What you will do: Within the material below, locate the line with "and values that" and the line with "repository a225056ed760be7f", then return those two lines and all lines between them, exactly as written.

Data records:
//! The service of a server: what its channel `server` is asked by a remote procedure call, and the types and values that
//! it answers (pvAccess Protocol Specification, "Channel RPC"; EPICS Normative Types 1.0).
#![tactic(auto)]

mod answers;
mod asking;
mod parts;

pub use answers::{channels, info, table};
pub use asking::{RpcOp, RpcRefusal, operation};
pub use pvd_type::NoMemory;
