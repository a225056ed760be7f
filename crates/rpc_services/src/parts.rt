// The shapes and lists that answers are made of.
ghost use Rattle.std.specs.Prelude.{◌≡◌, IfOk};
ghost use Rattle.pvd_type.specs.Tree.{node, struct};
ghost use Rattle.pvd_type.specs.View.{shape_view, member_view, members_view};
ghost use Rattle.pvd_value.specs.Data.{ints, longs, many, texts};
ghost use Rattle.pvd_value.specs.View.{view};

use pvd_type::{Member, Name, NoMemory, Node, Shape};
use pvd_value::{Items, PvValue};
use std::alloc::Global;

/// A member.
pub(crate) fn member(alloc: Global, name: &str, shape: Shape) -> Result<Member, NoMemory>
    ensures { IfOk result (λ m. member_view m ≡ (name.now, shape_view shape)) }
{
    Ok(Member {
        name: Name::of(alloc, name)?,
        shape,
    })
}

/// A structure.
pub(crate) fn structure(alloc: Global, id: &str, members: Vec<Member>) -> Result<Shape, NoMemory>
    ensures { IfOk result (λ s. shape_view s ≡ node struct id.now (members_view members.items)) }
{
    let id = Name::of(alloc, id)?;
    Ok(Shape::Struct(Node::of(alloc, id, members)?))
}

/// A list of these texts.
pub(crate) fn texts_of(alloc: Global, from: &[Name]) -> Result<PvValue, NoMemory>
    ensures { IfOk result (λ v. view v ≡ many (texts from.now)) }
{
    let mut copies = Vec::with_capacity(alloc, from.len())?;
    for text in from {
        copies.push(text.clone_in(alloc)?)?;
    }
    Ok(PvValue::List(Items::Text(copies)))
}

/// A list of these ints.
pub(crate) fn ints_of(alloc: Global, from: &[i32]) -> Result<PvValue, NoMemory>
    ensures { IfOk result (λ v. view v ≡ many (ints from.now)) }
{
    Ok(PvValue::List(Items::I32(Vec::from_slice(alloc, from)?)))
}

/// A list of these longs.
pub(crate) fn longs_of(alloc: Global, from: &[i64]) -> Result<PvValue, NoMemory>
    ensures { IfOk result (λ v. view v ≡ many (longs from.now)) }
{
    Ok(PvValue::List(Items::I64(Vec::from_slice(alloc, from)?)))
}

==

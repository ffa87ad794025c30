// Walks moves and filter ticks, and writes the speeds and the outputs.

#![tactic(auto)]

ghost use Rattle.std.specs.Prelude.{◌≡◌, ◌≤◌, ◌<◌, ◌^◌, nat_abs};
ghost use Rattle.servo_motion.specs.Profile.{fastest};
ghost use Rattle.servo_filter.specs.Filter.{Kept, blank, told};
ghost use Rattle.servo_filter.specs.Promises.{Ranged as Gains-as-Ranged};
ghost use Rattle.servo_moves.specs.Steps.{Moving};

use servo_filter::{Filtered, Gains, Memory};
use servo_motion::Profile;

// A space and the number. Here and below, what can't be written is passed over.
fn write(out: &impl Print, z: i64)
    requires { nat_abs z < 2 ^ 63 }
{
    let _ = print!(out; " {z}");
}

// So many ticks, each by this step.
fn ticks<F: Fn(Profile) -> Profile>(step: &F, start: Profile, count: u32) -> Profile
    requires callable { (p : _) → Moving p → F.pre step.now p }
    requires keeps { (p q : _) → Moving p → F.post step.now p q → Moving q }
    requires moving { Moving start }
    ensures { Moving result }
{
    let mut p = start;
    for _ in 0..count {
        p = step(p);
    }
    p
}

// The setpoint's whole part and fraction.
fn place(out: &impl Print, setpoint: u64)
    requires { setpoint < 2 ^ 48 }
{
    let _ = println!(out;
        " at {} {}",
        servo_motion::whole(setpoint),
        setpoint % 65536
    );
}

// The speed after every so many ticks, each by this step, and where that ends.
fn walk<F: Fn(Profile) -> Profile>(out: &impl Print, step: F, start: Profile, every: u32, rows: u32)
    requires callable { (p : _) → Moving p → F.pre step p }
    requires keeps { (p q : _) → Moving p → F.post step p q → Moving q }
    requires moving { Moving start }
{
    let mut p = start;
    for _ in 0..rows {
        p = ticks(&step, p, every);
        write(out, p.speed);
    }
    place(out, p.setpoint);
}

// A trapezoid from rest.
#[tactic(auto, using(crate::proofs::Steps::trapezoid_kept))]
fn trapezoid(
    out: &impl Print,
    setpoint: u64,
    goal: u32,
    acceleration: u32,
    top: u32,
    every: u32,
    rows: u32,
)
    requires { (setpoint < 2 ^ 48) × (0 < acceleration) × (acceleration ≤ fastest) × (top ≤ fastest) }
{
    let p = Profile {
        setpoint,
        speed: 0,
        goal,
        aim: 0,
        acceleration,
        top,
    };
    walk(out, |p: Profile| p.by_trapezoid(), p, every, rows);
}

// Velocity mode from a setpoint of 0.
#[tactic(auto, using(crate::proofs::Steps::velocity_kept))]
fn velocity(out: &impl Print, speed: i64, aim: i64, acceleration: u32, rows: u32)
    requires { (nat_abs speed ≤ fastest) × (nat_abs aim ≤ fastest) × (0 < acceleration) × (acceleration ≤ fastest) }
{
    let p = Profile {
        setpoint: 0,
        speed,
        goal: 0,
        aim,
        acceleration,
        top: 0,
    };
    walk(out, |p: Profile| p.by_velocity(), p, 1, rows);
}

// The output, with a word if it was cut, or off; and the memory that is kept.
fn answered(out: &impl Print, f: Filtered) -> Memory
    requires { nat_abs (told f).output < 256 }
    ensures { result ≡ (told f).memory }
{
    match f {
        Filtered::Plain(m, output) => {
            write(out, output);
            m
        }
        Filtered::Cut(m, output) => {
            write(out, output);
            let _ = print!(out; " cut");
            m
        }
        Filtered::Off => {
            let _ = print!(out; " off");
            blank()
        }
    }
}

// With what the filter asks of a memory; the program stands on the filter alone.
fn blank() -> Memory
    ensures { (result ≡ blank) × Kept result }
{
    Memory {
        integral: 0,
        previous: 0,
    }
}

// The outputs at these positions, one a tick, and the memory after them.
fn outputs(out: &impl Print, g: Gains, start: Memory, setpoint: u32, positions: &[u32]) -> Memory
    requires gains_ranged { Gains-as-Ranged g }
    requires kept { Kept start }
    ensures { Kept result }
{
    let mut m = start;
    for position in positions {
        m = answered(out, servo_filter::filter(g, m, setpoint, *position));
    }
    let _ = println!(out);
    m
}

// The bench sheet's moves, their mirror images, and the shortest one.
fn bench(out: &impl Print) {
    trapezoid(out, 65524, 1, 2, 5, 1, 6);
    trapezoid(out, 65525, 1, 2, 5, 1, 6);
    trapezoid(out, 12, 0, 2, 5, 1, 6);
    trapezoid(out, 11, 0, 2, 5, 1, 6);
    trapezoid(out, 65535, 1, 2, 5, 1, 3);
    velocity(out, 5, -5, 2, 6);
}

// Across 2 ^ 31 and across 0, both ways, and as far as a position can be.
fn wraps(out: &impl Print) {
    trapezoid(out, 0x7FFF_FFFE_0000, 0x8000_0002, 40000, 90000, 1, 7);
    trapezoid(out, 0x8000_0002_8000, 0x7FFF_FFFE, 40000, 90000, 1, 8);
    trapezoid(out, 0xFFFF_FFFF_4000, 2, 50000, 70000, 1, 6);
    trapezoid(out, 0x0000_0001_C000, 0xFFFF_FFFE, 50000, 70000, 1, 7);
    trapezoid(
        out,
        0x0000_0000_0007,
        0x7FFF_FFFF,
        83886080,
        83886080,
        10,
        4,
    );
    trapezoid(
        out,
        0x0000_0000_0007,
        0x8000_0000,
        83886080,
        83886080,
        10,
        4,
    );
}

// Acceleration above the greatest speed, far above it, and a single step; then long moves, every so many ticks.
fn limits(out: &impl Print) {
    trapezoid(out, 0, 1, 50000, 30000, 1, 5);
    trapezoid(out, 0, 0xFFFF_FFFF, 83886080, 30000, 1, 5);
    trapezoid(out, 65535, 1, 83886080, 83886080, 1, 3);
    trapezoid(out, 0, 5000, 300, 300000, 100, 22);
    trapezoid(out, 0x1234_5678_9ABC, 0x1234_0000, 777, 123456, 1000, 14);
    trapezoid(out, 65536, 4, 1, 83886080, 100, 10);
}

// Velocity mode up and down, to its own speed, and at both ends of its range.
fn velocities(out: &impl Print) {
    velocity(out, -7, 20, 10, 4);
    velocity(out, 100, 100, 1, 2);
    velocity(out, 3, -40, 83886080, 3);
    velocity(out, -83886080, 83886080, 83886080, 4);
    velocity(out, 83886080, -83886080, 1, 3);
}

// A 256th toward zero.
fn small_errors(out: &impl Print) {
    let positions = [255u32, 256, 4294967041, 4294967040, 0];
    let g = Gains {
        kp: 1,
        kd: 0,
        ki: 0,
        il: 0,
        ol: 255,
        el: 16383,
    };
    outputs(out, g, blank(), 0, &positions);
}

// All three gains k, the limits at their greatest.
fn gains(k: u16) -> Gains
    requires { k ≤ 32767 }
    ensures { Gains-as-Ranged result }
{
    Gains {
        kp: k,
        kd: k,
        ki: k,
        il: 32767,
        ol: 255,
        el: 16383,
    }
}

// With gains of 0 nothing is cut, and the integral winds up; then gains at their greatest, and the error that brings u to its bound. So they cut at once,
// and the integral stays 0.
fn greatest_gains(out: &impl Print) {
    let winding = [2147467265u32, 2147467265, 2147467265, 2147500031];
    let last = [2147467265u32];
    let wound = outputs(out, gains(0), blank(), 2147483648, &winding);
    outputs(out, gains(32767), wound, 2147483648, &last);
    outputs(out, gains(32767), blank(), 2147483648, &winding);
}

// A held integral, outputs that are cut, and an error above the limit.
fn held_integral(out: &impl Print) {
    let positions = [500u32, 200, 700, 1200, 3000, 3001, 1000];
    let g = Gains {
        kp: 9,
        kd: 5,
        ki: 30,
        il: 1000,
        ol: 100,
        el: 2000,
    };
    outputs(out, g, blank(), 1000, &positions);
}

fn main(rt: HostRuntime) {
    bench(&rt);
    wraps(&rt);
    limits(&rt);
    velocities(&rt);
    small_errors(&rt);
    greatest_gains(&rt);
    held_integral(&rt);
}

* * *

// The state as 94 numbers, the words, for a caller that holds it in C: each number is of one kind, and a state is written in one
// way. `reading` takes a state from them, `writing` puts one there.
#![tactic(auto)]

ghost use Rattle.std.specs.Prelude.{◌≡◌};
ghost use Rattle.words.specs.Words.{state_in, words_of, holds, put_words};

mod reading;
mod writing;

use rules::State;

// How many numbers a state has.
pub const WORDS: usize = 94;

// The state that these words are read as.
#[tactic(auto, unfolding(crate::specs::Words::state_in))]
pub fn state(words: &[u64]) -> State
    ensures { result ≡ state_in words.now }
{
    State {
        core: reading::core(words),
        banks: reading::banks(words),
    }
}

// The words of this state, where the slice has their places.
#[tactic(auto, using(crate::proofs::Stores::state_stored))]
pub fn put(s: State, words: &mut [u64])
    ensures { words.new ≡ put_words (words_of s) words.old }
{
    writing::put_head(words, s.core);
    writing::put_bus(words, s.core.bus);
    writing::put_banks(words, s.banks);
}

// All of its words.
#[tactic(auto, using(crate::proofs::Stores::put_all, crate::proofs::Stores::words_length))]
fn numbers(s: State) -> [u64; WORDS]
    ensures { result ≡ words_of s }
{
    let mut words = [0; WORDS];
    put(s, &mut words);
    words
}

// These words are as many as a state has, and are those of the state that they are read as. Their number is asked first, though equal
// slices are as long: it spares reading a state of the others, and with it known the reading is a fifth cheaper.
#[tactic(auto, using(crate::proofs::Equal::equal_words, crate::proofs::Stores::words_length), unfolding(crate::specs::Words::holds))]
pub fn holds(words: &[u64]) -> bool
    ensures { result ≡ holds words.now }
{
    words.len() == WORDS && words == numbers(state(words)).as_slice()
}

Your response:
//! The service of a server: what its channel `server` is asked by a remote procedure call, and the types and values that
//! it answers (pvAccess Protocol Specification, "Channel RPC"; EPICS Normative Types 1.0).
#![tactic(auto)]

mod answers;
mod asking;
mod parts;

pub use answers::{channels, info, table};
pub use asking::{RpcOp, RpcRefusal, operation};
pub use pvd_type::NoMemory;
repository a225056ed760be7f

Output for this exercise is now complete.